> _Task to complete_:
Show all lines below holding the string "const".

*** Opening of Supplied information ***

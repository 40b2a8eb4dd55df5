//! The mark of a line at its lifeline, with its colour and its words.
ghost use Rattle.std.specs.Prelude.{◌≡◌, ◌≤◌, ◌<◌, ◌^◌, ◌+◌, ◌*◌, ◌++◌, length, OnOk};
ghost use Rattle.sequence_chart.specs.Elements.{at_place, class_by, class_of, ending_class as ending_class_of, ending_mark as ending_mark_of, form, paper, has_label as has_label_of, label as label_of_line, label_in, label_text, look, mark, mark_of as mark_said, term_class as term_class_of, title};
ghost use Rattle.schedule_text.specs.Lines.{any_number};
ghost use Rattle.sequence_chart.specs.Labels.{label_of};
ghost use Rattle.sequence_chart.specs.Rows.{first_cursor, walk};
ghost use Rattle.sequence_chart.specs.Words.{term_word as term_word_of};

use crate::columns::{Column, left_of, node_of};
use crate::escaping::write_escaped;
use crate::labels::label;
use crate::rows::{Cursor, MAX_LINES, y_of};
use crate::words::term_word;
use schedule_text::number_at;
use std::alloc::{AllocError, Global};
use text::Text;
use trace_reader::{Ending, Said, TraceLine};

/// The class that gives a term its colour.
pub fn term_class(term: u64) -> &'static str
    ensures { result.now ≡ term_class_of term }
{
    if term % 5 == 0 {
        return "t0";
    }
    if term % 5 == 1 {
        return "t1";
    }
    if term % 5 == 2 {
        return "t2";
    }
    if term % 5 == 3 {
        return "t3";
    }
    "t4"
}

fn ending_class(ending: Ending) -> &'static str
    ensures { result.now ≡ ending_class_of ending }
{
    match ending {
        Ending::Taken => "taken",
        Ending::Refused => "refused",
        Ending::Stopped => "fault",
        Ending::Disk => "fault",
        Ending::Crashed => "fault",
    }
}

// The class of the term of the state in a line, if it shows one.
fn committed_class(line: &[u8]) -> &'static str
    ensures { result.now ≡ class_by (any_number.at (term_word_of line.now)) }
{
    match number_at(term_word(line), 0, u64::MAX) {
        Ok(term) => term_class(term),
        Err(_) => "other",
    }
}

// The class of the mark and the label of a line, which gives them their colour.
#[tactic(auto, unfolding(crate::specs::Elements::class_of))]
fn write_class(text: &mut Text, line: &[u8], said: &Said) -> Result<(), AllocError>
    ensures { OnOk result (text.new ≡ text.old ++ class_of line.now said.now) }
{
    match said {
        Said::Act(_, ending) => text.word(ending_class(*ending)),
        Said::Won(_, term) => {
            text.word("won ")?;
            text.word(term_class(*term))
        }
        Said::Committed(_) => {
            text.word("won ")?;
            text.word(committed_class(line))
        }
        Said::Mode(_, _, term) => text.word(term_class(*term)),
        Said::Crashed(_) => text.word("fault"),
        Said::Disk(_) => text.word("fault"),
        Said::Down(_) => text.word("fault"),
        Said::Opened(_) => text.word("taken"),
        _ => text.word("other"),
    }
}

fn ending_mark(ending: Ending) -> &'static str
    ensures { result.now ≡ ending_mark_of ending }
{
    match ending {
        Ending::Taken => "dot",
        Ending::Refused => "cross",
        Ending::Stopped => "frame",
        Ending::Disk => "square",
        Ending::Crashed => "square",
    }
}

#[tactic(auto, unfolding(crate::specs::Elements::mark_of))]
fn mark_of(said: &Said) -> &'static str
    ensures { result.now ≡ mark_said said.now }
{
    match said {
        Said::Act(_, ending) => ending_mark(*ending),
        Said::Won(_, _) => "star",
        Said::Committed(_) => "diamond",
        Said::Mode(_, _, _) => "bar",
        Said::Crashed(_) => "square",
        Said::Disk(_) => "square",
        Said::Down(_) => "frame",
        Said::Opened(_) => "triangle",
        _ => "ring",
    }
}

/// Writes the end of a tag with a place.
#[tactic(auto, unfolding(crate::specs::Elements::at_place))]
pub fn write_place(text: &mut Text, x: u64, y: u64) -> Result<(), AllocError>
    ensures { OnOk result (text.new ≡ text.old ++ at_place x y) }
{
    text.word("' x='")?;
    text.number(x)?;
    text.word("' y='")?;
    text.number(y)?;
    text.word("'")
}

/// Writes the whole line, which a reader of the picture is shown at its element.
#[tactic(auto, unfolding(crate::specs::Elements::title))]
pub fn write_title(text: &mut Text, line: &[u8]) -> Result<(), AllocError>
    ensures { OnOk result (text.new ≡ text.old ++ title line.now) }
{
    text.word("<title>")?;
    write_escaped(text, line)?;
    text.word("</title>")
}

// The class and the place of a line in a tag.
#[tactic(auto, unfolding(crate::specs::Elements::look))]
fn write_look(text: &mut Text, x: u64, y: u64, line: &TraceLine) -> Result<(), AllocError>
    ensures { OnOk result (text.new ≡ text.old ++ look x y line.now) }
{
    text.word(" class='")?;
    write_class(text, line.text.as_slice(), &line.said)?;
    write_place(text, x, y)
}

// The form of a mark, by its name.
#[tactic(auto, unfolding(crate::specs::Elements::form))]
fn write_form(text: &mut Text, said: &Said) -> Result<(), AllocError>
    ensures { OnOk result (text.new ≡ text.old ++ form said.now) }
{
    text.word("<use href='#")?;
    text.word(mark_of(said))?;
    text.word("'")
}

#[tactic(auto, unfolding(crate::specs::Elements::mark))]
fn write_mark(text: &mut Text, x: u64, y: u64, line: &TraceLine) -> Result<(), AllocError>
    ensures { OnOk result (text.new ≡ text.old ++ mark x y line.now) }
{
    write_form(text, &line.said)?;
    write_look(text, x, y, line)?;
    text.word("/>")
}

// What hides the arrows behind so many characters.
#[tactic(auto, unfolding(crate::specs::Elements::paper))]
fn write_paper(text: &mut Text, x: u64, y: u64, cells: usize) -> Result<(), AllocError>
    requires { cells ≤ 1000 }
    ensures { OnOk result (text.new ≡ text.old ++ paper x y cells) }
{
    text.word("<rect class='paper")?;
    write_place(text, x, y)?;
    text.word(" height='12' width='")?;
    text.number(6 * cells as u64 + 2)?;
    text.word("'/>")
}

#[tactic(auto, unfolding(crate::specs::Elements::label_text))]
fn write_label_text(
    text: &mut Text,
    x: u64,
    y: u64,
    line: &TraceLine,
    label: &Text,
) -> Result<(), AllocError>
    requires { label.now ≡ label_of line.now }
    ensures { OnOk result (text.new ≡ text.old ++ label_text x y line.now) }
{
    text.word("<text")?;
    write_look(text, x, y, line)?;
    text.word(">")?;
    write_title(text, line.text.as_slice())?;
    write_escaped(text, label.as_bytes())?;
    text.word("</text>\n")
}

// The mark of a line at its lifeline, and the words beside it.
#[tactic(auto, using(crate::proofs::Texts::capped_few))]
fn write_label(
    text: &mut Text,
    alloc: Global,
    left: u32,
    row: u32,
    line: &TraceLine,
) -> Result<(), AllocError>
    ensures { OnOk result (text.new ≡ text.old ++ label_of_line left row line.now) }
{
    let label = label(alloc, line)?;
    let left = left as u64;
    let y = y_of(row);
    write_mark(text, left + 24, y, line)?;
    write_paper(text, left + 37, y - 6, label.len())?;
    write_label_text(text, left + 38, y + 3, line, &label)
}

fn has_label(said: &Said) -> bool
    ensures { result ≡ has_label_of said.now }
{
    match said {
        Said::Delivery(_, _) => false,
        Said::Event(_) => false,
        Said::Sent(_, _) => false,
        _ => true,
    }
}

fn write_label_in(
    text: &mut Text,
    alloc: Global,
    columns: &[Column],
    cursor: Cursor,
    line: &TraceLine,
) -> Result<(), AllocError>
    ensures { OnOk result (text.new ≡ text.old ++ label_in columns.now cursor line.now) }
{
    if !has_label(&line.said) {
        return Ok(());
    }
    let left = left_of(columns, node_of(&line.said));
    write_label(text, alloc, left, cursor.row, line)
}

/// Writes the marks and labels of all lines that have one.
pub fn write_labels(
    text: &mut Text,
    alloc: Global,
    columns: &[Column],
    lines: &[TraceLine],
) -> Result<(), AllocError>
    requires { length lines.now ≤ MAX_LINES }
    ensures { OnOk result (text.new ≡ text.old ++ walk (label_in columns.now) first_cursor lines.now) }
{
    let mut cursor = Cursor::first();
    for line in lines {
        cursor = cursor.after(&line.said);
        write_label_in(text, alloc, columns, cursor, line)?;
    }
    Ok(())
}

*** Close of Supplied information ***
*** Opening of Supplied information ***

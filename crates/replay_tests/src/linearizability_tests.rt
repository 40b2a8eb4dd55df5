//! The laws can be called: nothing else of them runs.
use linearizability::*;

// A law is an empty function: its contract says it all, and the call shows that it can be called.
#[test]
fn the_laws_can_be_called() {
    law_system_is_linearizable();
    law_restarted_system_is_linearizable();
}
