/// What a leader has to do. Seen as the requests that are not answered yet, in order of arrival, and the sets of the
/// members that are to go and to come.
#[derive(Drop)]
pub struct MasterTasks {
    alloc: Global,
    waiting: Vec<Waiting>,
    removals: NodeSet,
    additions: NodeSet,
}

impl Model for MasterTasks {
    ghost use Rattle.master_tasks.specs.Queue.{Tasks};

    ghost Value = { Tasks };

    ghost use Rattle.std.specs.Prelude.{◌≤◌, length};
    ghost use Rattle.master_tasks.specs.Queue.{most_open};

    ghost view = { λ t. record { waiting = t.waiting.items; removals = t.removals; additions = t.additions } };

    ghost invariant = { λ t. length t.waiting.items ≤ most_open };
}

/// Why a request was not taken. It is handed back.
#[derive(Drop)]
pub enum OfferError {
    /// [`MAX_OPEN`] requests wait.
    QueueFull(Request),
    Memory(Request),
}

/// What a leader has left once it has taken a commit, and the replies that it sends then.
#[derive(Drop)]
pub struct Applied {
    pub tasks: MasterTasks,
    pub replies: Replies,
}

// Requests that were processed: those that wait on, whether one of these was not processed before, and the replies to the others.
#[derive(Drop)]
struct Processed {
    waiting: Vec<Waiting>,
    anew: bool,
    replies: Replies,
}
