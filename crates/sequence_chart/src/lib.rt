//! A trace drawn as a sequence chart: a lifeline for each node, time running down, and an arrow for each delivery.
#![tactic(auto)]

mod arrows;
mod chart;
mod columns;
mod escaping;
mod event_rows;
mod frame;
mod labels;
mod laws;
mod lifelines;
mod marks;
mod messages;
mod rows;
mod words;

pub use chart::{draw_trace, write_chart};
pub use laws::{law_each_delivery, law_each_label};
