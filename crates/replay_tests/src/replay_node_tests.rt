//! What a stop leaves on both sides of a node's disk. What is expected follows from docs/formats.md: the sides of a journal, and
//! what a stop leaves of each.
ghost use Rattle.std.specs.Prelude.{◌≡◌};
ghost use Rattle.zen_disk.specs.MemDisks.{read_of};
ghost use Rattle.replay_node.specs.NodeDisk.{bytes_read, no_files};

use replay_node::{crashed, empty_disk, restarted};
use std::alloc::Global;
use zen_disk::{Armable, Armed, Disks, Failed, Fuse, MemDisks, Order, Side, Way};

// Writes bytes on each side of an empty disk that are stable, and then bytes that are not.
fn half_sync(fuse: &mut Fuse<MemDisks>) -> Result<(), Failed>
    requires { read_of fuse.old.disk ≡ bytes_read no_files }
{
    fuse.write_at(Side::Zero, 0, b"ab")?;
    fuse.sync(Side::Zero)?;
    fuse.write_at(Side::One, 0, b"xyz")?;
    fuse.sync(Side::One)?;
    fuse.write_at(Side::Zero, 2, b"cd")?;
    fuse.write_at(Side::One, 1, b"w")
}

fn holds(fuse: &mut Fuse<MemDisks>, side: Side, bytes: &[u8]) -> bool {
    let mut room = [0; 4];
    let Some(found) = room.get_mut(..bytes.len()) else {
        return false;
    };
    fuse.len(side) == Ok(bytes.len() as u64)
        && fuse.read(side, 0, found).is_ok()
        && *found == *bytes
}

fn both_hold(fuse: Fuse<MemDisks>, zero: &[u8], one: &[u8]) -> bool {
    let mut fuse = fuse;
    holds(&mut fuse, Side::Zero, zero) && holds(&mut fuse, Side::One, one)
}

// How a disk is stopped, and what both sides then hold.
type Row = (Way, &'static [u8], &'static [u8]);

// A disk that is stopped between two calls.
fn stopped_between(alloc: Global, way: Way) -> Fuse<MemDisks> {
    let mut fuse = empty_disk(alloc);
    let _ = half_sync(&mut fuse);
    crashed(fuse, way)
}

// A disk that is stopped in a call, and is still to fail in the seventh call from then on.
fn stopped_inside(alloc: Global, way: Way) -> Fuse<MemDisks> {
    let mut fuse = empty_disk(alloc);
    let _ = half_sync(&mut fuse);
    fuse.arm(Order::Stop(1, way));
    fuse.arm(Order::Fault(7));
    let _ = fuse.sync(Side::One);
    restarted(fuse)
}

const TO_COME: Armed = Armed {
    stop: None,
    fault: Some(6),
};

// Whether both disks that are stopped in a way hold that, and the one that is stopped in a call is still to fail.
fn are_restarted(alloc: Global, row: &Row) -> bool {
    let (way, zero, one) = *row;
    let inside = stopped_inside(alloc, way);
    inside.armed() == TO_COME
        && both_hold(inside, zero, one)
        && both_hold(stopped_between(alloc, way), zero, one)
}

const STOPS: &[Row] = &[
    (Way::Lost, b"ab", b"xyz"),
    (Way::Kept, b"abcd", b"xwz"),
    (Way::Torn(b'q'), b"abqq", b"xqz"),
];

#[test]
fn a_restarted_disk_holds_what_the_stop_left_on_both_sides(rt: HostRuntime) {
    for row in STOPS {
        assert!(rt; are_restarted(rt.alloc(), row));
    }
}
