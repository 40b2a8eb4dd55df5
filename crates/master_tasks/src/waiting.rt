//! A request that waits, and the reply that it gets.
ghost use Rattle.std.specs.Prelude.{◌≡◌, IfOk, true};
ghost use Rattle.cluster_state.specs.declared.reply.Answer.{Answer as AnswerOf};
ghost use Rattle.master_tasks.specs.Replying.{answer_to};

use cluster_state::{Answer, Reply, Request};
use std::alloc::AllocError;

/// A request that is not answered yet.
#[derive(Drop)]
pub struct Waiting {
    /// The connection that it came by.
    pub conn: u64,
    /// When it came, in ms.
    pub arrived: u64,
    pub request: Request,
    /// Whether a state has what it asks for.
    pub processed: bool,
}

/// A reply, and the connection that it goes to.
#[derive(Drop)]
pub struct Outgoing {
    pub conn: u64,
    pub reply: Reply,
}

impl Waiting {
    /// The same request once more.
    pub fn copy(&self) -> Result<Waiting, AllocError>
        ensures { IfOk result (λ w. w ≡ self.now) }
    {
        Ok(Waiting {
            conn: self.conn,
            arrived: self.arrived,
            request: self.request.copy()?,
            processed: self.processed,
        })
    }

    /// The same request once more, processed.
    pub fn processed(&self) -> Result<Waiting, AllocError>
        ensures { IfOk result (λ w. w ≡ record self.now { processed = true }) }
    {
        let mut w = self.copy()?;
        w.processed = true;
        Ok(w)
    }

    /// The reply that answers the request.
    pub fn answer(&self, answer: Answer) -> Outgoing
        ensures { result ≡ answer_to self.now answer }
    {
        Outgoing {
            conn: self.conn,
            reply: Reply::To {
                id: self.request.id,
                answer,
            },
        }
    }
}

*** Close of Supplied information ***

> _Result below_:
const TO_COME: Armed = Armed {
const STOPS: &[Row] = &[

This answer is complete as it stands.